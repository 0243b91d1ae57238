// The event round and the search, as C calls them. A round is lent as six numbers: phase, M, C, requests, reads, unresolved.
ghost use Rattle.std.specs.Prelude.{◌≡◌, ◌≤◌, ltb, length};
ghost use Rattle.refusals.specs.Codes.{told_code};
ghost use Rattle.mvb.specs.Rounds.{phase_of, round_in, stored, start_answer, start_run, round_answer, round_run};
ghost use Rattle.mvb.specs.Inside.{AsHeard, ReadsStand};
ghost use Rattle.search.specs.Searches.{written};
ghost use Rattle.mvb.specs.Searches.{search_answer, search_requests};

use frames::LineAnswer;
use refusals::Refusal;
use rounds::{Counts, Phase, Round, Step};

// What a round's end is to C.
const END: u32 = 131072;

fn phase_of(number: u16) -> Phase
    ensures { result ≡ phase_of number }
{
    match number {
        0 => Phase::Asked,
        1 => Phase::Read,
        _ => Phase::Ended,
    }
}

// Whether a run is too short for a round.
fn is_short(run: &[u16]) -> bool
    ensures { result ≡ ltb (length run.now) 6 }
{
    run.len() < 6
}

// The round in a run.
#[tactic(auto, unfolding(crate::specs::Rounds::round_in))]
fn load(run: &[u16]) -> Round
    requires { 6 ≤ length run.now }
    ensures { result ≡ round_in run.now }
{
    Round {
        phase: phase_of(run[0]),
        m: run[1],
        c: run[2],
        counts: Counts {
            requests: run[3],
            reads: run[4],
            unresolved: run[5],
        },
    }
}

// The run with a round in it. Its reads change with a read alone, and are stored with it alone, last: with each step a
// whole round takes a tenth longer.
fn store(round: Round, run: &mut [u16])
    requires { (6 ≤ length run.old) × ReadsStand run.old round }
    ensures { run.new ≡ stored round run.old }
{
    run[0] = round.phase as u16;
    run[1] = round.m;
    run[2] = round.c;
    run[3] = round.counts.requests;
    run[5] = round.counts.unresolved;
    if let Phase::Read = round.phase {
        run[4] = round.counts.reads;
    }
}

// Starts a round: 6 for the parameter bits, then 4 for a run too short.
pub fn mvb_round_start(params: u16, run: &mut [u16]) -> u32
    ensures { (told_code result ≡ start_answer params (length run.old)) × (run.new ≡ start_run params run.old) }
{
    match Round::start(params) {
        Ok(Step::Next(round, word)) => {
            if is_short(run) {
                return Refusal::TooShort.code();
            }
            run[4] = round.counts.reads;
            store(round, run);
            word as u32
        }
        Ok(Step::End(_, _)) => END,
        Err(refusal) => refusal.code(),
    }
}

// What a round must know of the bytes that came: nothing after a read, whose answer it does not look at; and a word with
// another F_code than 12 is no good reply, as a collision is none, so that its check sequence need not be computed: without
// that a whole round takes a tenth to a half longer. The phase stays a number here and the lengths are tests: with a Phase
// a step takes a fifth longer, with a match of the bytes a tenth.
#[tactic(auto, using(crate::proofs::RoundLaws::heard_read, crate::proofs::RoundLaws::heard_none, crate::proofs::RoundLaws::heard_many, crate::proofs::RoundLaws::heard_other, crate::proofs::RoundLaws::heard_line))]
fn heard(phase: u16, bytes: &[u8]) -> LineAnswer
    ensures { AsHeard phase bytes.now result }
{
    if phase == 1 {
        return LineAnswer::Silence;
    }
    if bytes.len() != 3 {
        if bytes.len() != 0 {
            return LineAnswer::Collision;
        }
        return LineAnswer::Silence;
    }
    if bytes[0] / 16 != 12 {
        return LineAnswer::Collision;
    }
    frames::line_answer(bytes)
}

// Takes the bytes that came for the word handed out last: 4 for a run too short, before all else.
pub fn mvb_round_answer(run: &mut [u16], bytes: &[u8]) -> u32
    ensures { (told_code result ≡ round_answer run.old bytes.now) × (run.new ≡ round_run run.old bytes.now) }
{
    if is_short(run) {
        return Refusal::TooShort.code();
    }
    // The phase as C lends it: each number above 1 has ended.
    if 1 < run[0] {
        return END;
    }
    let answer = heard(run[0], bytes);
    match load(run).answer(answer) {
        Ok(Step::Next(next, word)) => {
            store(next, run);
            word as u32
        }
        Ok(Step::End(last, _)) => {
            store(last, run);
            END
        }
        Err(refusal) => refusal.code(),
    }
}

// Searches a lent set of 512 bytes: the answer is the reads, the requests go to a number that is lent.
pub fn mvb_search(set: &[u8], out: &mut [u16], requests: &mut u16) -> u32
    ensures answer { told_code result ≡ search_answer set.now (length out.old) }
    ensures order { out.new ≡ written set.now out.old }
    ensures number { requests.new ≡ search_requests set.now (length out.old) requests.old }
{
    match search::search_set(set, out) {
        Ok(found) => {
            *requests = found.requests;
            found.reads as u32
        }
        Err(refusal) => refusal.code(),
    }
}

※ ※ ※

## Exercise details
Throughout the records above, find the lines in which the word "that" appears and return them.

## Response to the exercise
// What a round must know of the bytes that came: nothing after a read, whose answer it does not look at; and a word with
// another F_code than 12 is no good reply, as a collision is none, so that its check sequence need not be computed: without
// that a whole round takes a tenth to a half longer. The phase stays a number here and the lengths are tests: with a Phase
// Takes the bytes that came for the word handed out last: 4 for a run too short, before all else.
// Searches a lent set of 512 bytes: the answer is the reads, the requests go to a number that is lent.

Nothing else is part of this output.